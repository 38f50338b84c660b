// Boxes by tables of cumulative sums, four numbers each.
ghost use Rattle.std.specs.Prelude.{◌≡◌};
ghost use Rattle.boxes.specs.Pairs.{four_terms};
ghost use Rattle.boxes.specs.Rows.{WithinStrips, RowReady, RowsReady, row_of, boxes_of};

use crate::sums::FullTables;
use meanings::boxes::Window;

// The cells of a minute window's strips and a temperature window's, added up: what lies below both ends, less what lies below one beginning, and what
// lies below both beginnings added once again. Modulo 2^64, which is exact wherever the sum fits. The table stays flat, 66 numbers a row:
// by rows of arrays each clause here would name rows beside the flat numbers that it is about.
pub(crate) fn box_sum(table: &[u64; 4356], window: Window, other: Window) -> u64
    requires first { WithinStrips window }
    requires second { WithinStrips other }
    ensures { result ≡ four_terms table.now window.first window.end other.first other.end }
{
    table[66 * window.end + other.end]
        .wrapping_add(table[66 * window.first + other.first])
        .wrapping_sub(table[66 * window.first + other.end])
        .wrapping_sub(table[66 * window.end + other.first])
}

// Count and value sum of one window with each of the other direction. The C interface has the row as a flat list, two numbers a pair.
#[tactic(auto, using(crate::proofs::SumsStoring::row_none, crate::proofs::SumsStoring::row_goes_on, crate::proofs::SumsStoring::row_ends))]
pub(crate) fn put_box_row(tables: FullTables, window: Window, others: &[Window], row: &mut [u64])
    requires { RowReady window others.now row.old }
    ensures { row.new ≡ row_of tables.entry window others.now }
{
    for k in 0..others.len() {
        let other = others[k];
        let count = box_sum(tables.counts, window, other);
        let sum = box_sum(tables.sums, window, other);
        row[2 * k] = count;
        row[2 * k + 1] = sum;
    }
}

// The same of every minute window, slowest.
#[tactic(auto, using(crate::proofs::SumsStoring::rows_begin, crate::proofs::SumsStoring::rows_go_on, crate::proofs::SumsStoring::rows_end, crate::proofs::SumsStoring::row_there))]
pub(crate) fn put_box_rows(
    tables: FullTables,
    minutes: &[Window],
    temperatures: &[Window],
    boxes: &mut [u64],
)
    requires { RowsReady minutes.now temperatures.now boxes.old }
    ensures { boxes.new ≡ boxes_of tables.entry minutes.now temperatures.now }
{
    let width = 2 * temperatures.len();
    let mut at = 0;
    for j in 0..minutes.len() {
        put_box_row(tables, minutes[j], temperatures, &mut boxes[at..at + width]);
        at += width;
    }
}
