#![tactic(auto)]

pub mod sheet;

_ _ _ _ _

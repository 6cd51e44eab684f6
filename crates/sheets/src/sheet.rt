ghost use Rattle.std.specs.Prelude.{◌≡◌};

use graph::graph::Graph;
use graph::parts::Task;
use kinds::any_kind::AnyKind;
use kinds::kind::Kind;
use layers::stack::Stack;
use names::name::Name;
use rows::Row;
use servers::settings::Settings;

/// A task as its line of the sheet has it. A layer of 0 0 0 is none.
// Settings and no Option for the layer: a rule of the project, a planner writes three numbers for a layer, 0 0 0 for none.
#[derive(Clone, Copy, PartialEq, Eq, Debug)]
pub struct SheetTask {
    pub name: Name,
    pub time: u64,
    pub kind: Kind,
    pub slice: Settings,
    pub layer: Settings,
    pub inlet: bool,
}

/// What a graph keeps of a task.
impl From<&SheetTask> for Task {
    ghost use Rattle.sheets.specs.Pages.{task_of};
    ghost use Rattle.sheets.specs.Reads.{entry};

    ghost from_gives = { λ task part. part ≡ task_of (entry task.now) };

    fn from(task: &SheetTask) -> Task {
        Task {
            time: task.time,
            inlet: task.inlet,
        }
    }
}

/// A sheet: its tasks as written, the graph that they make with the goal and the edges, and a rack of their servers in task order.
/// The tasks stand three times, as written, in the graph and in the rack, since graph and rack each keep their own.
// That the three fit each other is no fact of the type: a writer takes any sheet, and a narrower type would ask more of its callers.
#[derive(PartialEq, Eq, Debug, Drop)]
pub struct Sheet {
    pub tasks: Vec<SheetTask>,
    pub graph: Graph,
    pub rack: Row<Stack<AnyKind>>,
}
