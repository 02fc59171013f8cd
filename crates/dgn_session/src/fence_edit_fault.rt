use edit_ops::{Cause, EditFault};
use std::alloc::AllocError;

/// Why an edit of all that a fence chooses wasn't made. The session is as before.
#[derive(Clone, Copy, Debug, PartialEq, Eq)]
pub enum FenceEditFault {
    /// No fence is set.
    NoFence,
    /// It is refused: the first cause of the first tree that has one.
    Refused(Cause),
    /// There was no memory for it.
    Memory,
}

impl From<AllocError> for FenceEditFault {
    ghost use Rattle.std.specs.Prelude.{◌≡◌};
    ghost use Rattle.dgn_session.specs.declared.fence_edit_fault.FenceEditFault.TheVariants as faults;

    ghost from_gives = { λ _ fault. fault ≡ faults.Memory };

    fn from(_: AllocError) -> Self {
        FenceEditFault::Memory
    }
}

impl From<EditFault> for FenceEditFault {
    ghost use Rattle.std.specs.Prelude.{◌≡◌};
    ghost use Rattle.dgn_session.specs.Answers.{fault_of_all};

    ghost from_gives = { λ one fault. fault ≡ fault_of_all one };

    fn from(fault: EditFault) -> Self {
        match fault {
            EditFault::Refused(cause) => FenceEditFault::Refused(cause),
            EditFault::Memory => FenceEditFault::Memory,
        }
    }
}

_ _ _ _ _

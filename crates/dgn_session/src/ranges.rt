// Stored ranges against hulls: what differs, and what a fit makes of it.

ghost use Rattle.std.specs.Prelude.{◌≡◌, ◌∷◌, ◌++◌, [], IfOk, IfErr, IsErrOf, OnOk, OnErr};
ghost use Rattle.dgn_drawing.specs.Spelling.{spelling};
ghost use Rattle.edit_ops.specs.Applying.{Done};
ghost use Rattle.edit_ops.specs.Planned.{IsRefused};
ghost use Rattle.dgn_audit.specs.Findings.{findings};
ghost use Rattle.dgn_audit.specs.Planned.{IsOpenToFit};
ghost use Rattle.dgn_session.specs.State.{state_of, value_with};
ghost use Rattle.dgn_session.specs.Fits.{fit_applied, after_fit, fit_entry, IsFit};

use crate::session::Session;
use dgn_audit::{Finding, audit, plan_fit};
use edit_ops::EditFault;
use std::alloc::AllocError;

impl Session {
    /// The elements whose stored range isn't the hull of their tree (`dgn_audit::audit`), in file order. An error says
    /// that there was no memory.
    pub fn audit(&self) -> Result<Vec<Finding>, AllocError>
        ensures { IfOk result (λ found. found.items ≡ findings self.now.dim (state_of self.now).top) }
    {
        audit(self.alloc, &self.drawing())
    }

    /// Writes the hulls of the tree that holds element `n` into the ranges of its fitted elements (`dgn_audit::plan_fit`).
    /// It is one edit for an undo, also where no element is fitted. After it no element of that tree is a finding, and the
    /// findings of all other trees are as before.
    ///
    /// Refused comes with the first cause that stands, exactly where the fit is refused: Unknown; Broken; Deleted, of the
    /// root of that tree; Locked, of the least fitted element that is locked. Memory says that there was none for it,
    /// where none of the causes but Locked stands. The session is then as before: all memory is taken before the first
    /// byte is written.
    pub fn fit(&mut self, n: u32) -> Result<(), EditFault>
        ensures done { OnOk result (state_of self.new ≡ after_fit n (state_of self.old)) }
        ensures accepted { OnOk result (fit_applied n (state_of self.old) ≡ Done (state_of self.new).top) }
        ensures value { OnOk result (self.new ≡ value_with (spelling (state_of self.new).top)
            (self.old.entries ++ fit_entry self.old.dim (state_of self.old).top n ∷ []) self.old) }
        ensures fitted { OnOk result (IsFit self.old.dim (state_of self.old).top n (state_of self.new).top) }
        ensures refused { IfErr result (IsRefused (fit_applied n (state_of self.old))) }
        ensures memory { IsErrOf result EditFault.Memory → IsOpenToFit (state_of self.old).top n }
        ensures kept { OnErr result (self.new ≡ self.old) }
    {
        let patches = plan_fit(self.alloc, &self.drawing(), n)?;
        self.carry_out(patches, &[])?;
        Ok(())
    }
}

_ _ _ _ _

* [Action item] Report, from the entries above, each line where "IfErr" is found.

* [Written solution]
ghost use Rattle.std.specs.Prelude.{◌≡◌, ◌∷◌, ◌++◌, [], IfOk, IfErr, IsErrOf, OnOk, OnErr};
        ensures refused { IfErr result (IsRefused (fit_applied n (state_of self.old))) }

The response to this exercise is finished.